_WHAT IS REQUIRED_: Search the records below for the string "take" and copy each line where it turns up.

_DATA FOR REVIEW_:
*****
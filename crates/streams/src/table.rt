// The stream table: a lent row of at most 64 stream records.
ghost use Rattle.std.specs.Prelude.{◌≡◌, ◌≤◌, length, take, drop, All, IsTrue};
ghost use Rattle.std.specs.List.{list_any};
ghost use Rattle.stream_records.specs.Records.{is_used, is_blank, holds};
ghost use Rattle.stream_records.specs.Tables.{lowest_free, lookup_of, sought, opening_of, table_opened, closing_of, table_closed, standing_of};
ghost use Rattle.stream_plans.specs.Code.{opening_plan_of, closing_plan_of, stored};
ghost use Rattle.stream_survey.specs.Code.{survey_of};

use refusals::Refusal;
use stream_plans::plan;
use stream_plans::plan::{Plan, sought};
use stream_records::answers::{Entry, SideClosed};
use stream_records::record::{Side, StreamRecord};
use stream_survey::survey;
use stream_survey::survey::Survey;
use wire::units::{Quarter, StreamId};

// Opens a stream at the lowest free place, both sides open. Opening and closing answer what their plans say
// (`Plan<A>`), and store the record with `put`; the three lines that are alike carry two different promises.
pub fn open_stream(
    rows: &mut [StreamRecord],
    id: StreamId,
    semantics: bool,
) -> Result<usize, Refusal>
    ensures { (result ≡ opening_of rows.old id) × (rows.new ≡ table_opened rows.old id semantics result) }
{
    let plan = plan_opening(rows, id, semantics);
    put(rows, plan.store);
    plan.answer
}

// Closes a side of a stream.
pub fn close_side(
    rows: &mut [StreamRecord],
    id: StreamId,
    side: Side,
) -> Result<SideClosed, Refusal>
    ensures { (result ≡ closing_of rows.old id side) × (rows.new ≡ table_closed rows.old side result) }
{
    let plan = plan_closing(rows, id, side);
    put(rows, plan.store);
    plan.answer
}

// Where a stream stands.
pub fn find_stream(rows: &[StreamRecord], id: StreamId) -> Result<usize, Refusal>
    ensures { result ≡ standing_of rows.now id }
{
    plan::standing(look_up(rows, sought(id)), id)
}

// Where the record of a quarter stands.
pub fn look_up(rows: &[StreamRecord], quarter: Quarter) -> Result<Option<Entry>, Refusal>
    ensures { result ≡ lookup_of quarter.0 rows.now }
{
    look_through(rows, quarter).lookup(rows)
}

fn plan_opening(
    rows: &[StreamRecord],
    id: StreamId,
    semantics: bool,
) -> Plan<Result<usize, Refusal>>
    ensures { result ≡ opening_plan_of (lookup_of (sought id) rows.now) (lowest_free rows.now) id semantics }
{
    let lookup = look_up(rows, sought(id));
    plan::opening(lookup, lowest_free(rows), id, semantics)
}

// Stores a record at a place, if the row has it.
#[tactic(auto, unfolding(stream_plans::specs::Code::stored))]
fn put(rows: &mut [StreamRecord], store: Option<(usize, StreamRecord)>)
    ensures { rows.new ≡ stored rows.old store }
{
    if let Some((place, record)) = store {
        if place < rows.len() {
            rows[place] = record;
        }
    }
}

// The lowest free place. A loop that yields the first one by break is a form that the project's scope names
// (docs/PROMISES.md).
fn lowest_free(rows: &[StreamRecord]) -> Option<usize>
    ensures { result ≡ lowest_free rows.now }
{
    let n = rows.len();
    let mut i: usize = 0;
    loop {
        if i == n {
            break None;
        }
        if !rows[i].is_used() {
            break Some(i);
        }
        i += 1;
    }
}

fn plan_closing(
    rows: &[StreamRecord],
    id: StreamId,
    side: Side,
) -> Plan<Result<SideClosed, Refusal>>
    ensures { result ≡ closing_plan_of (lookup_of (sought id) rows.now) id side }
{
    plan::closing(look_up(rows, sought(id)), id, side)
}

// From the first record to the last. Each used one marks its quarter's bucket, and the records before it are searched
// for its quarter only if the bucket is marked already.
fn look_through(rows: &[StreamRecord], quarter: Quarter) -> Survey
    ensures { result ≡ survey_of quarter.0 rows.now }
{
    let end = occupied(rows, survey::fitting(rows.len()));
    let mut known = Survey::nothing_seen(rows.len());
    let mut seen = [false; 256];
    for (i, record) in rows[..end].iter().enumerate() {
        if record.is_used() {
            let b = survey::bucket(*record);
            let again = seen[b] && stands_below(rows, i, record.quarter);
            seen[b] = true;
            known = known.look_used(*record, i, again, quarter);
        } else {
            known = known.look_free(*record);
        }
    }
    known
}

// How many of the first n records there are up to the last that is not the blank. Most tables end with many blanks.
fn occupied(rows: &[StreamRecord], n: usize) -> usize
    requires { n ≤ length rows.now }
    ensures within { result ≤ n }
    ensures blank { All (λ r. IsTrue (is_blank r)) (drop result (take n rows.now)) }
{
    match rows[..n].iter().rposition(|r| !r.is_blank()) {
        None => 0,
        Some(i) => i + 1,
    }
}

// Whether a used record below a place has the quarter. A loop without an exit first asks whether any record has its
// number, which in a good table is so for quarter 0 alone: 64 records of one bucket take half as long as with the
// search alone.
fn stands_below(rows: &[StreamRecord], place: usize, quarter: Quarter) -> bool
    requires { place ≤ length rows.now }
    ensures { result ≡ list_any (holds quarter.0) (take place rows.now) }
{
    let mut met = false;
    for r in &rows[..place] {
        if r.quarter == quarter {
            met = true;
        }
    }
    met && rows[..place].iter().any(|r| r.holds(quarter))
}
*****
_ANSWER BOX_:
ghost use Rattle.std.specs.Prelude.{◌≡◌, ◌≤◌, length, take, drop, All, IsTrue};
    ensures blank { All (λ r. IsTrue (is_blank r)) (drop result (take n rows.now)) }
// number, which in a good table is so for quarter 0 alone: 64 records of one bucket take half as long as with the
    ensures { result ≡ list_any (holds quarter.0) (take place rows.now) }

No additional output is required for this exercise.